The Pond doesn't have enough readers to lose one.

Posted by: Wonderduck at 06:56 PM | Comments (7) | Add Comment
Post contains 1141 words, total size 7 kb.

1 Man, that sounds terrifying.

Please continue being alive, friend.

Posted by: GreyDuck at October 25, 2011 09:23 PM (TSLd+)

2 Glad you pulled through. I enjoy your descriptions of anime.

There must be way different IV doses used for potassium and magnesium. I get those two put into my normal saline IV three times per week. All they do is slow the pump down, from about 500mL/hr to 450 or so. I've never noticed any pain when they put them in.

(My case is tumor removed, chemotherapy and radiation therapy, and now, finally, on the upswing with just hydration therapy. My job is to grow a new throat and keep it healthy. Working just fine, if only I could eat.)

Posted by: Engineer Bob at October 25, 2011 10:11 PM (MLS8L)

3 Bob, in my case the magnesium was fine.  It may as well have been cotton candy and unicorn farts (but I repeat myself).  As I remember it, however, the potassium was a separate stick from the IV drip, not added to the saline. 

I may misremember, as it was six years ago and I was terrified.  Plus the White Sox were winning the World Series, which just made being in a hospital that only had four channels on the TV even more horrible. 

Thanks for kind words, Bob... keep up the good fight, there's a slice of cheesecake waiting for you.

Posted by: Wonderduck at October 26, 2011 07:37 AM (o45Mg)

4 That "potassium" was really zombie juice.  Welcome to the ranks, undead brother.

Posted by: Pixy Misa at October 27, 2011 04:50 AM (PiXy!)

5 Braaaaaaaaaaaaaaaains...

Posted by: Wonderduck at October 27, 2011 11:37 AM (OS+Cr)

6 Some of those chemicals are crazy.  Like when you lie down for an MRI, and the tech sticks the needle in your arm to inject contrast, and _then_ tells you "you may feel like you've wet yourself."  And doggone if that's not what it feels like.
I don't even want to know what's going on there.

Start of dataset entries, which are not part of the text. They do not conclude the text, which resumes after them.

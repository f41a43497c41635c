//! Objects: globals, variables of live activations, and blocks of the heap.

ghost use Rattle.std.specs.Prelude.{◌≡◌, ◌+◌, ◌≤◌, ◌∷◌, [], map, length, slice_get, OnOk, OnErr};
ghost use Rattle.std.specs.Option.{option_map, option_copied, option_flatten};
ghost use Rattle.tp_meaning.specs.Store.{next_serial, object_at, with_new, without, tree_at, value_at, text_at, length_at, followed, replaced, disposed};
ghost use Rattle.tp_meaning.specs.Activations.{variable_object};
ghost use Rattle.interpreter_store.specs.cell_store.Views.{view_spot, view_value, view_tree, view_object, view_slot, view_store};
ghost use Rattle.interpreter_store.specs.cell_store.Finding.{Finds, Gets};
ghost use Rattle.interpreter_store.specs.cell_store.Parts.{exchanged_in, rows_with, block_made, freed};

use crate::cell_store::cells::Tree;
use crate::cell_store::contents::{Spot, Value};
use crate::cell_store::traps::{Stop, Trap};
use common_values::blocks::{AddError, Blocks};
use std::alloc::{AllocError, Global};

/// What an object holds, and for a block the bytes by which it was made.
#[derive(Debug, Drop)]
pub struct Object {
    pub tree: Tree,
    pub bytes: u16,
}

/// The objects by their serial numbers, `None` once they are gone, and the heap's blocks. Serial numbers are not used again.
#[derive(Drop)]
pub struct Store {
    pub objects: Vec<Option<Object>>,
    pub blocks: Blocks,
}

impl Store {
    /// A store of nothing.
    pub fn new(alloc: Global) -> Store
        ensures { view_store result ≡ record { objects = []; rows = [] } }
    {
        Store {
            objects: Vec::new(alloc),
            blocks: Blocks::new(alloc),
        }
    }

    /// The serial number of the next object.
    pub fn next_serial(&self) -> usize
        ensures { result ≡ next_serial (view_store self.now) }
    {
        self.objects.len()
    }

    /// The object with a serial number, while it is there.
    pub fn object(&self, serial: usize) -> Option<&Object>
        ensures { option_map view_object (option_copied result) ≡ object_at (view_store self.now) serial }
    {
        object_in(self.objects.as_slice(), serial)
    }

    /// What a place holds. An object that is gone is an undefined act.
    pub fn tree_at(&self, spot: &Spot) -> Result<&Tree, Trap>
        ensures { Finds (λ tree. view_tree tree.now) result (tree_at (view_store self.now) (view_spot spot.now)) }
    {
        match self.object(spot.object) {
            None => Err(Trap::Act(2)),
            Some(object) => object
                .tree
                .part_at(spot.path.as_slice())
                .ok_or(Trap::IllTyped),
        }
    }

    /// The value of a cell, which must be set.
    pub fn value_at(&self, spot: &Spot) -> Result<&Value, Trap>
        ensures { Finds (λ value. view_value value.now) result (value_at (view_store self.now) (view_spot spot.now)) }
    {
        self.tree_at(spot)?.value()
    }

    /// The text of a string's cells.
    pub fn text_at(&self, alloc: Global, spot: &Spot) -> Result<Vec<u8>, Stop>
        ensures { Gets (λ text. text.items) result (text_at (view_store self.now) (view_spot spot.now)) }
    {
        self.tree_at(spot)?.text(alloc)
    }

    /// The length of a string's cells.
    pub fn length_at(&self, spot: &Spot) -> Result<u8, Stop>
        ensures { Gets (λ count. count) result (length_at (view_store self.now) (view_spot spot.now)) }
    {
        self.tree_at(spot)?.length()
    }

    /// The serial number of the block to which a pointer leads; nil leads nowhere, and so does a pointer to a block that is
    /// gone.
    pub fn followed(&self, pointer: &Value) -> Result<usize, Trap>
        ensures { Finds (λ serial. serial) result (followed (view_store self.now) (view_value pointer.now)) }
    {
        match pointer {
            Value::Nil => Err(Trap::Act(2)),
            Value::Block(serial) => match self.object(*serial) {
                None => Err(Trap::Act(2)),
                Some(_) => Ok(*serial),
            },
            _ => Err(Trap::IllTyped),
        }
    }

    /// Puts another tree to a place. After a trap the store is unchanged.
    pub fn replace(&mut self, spot: &Spot, tree: Tree) -> Result<(), Trap>
        ensures { Finds (λ _. view_store self.new) result (replaced (view_store self.old) (view_spot spot.now) (view_tree tree)) }
    {
        let serial = spot.object;
        if serial < self.objects.len() {
            exchange_in(&mut self.objects[serial], spot.path.as_slice(), tree)
        } else {
            Err(Trap::Act(2))
        }
    }

    /// Makes a variable, which has the next serial number.
    pub fn push(&mut self, tree: Tree) -> Result<(), AllocError>
        ensures ok { OnOk result (view_store self.new ≡ with_new (view_store self.old) (variable_object (view_tree tree) ∷ [])) }
        ensures err { OnErr result (view_store self.new ≡ view_store self.old) }
    {
        match self.objects.push(Some(Object { tree, bytes: 0 })) {
            Ok(()) => Ok(()),
            Err(_) => Err(AllocError),
        }
    }

    /// Lets so many variables be gone, from a serial number on.
    pub fn drop_variables(&mut self, first: usize, count: usize)
        requires { first + count ≤ length self.old.objects.items }
        ensures { view_store self.new ≡ without (view_store self.old) first count }
    {
        'variables: for serial in first..first + count {
            self.objects[serial] = None;
        }
    }

    /// Makes a block of so many bytes, which has the next serial number, in a heap of so many bytes. Error 203 comes where
    /// the sum of the blocks would pass the heap.
    pub fn make(&mut self, tree: Tree, bytes: u16, heap: u32) -> Result<(), Stop>
        ensures { Gets (λ _. view_store self.new) result (block_made (view_tree tree) bytes heap (view_store self.old)) }
    {
        add_block(&mut self.blocks, bytes, heap)?;
        self.objects.push(Some(Object { tree, bytes }))?;
        Ok(())
    }

    /// Disposes of a block by a size, which must be that by which it was made. After a trap the store is unchanged.
    pub fn dispose(&mut self, serial: usize, bytes: u16) -> Result<(), Trap>
        ensures { Finds (λ _. view_store self.new) result (disposed (view_store self.old) serial bytes) }
    {
        if serial < self.objects.len() {
            free(&mut self.objects[serial], bytes)?;
            self.blocks.remove(bytes);
            Ok(())
        } else {
            Err(Trap::Act(2))
        }
    }
}

fn add_block(blocks: &mut Blocks, bytes: u16, heap: u32) -> Result<(), Stop>
    ensures { Gets (λ _. blocks.new) result (rows_with bytes heap blocks.old) }
{
    match blocks.add(bytes, heap) {
        Ok(()) => Ok(()),
        Err(AddError::HeapFull) => Err(Stop::Trapped(Trap::Error(203))),
        Err(AddError::NoMemory) => Err(Stop::OutOfMemory),
    }
}

// Lets a block be gone, if it was made by so many bytes.
fn free(slot: &mut Option<Object>, bytes: u16) -> Result<(), Trap>
    ensures { Finds (λ _. view_slot slot.new) result (freed (view_slot slot.old) bytes) }
{
    match slot.take() {
        None => Err(Trap::Act(2)),
        Some(object) => {
            if object.bytes == bytes {
                Ok(())
            } else {
                *slot = Some(object);
                Err(Trap::Act(5))
            }
        }
    }
}

fn object_in(slots: &[Option<Object>], serial: usize) -> Option<&Object>
    ensures { option_map view_object (option_copied result) ≡ option_flatten (slice_get (map view_slot slots.now) serial) }
{
    if serial < slots.len() {
        slots[serial].as_ref()
    } else {
        None
    }
}

fn exchange_in(slot: &mut Option<Object>, path: &[u32], tree: Tree) -> Result<(), Trap>
    ensures { Finds (λ _. view_slot slot.new) result (exchanged_in (view_slot slot.old) path.now (view_tree tree)) }
{
    match slot.take() {
        None => Err(Trap::Act(2)),
        Some(mut object) => {
            let done = object.tree.exchange(path, tree);
            *slot = Some(object);
            done
        }
    }
}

Posted by: Rick C at October 28, 2011 11:13 PM (VKVOz)

7 RickC, back when I was a student at Duck U (as opposed to working there), I managed to split the surface of one of my kidneys performing a stage fall (landed wrong, my elbow went into my side).  The next morning, I woke up in what could only be called blinding pain and I was... well... there was blood involved in the morning ablutions.  Not fun.

As you can imagine, I went to the hospital and they gave me a MRI.  While the contrast felt... odd... in my arm, it didn't make me feel like I had wet myself.  The weird thing was that they told me to keep my arm straight and extended above my head as the contrast flowed in.  They even strapped my wrist down to keep it from moving.

By the time the whole MRI was done, well over an hour later, my shoulder refused to work because of the way they'd tied it down.  The arm just... dangled.  Weirdest feeling ever.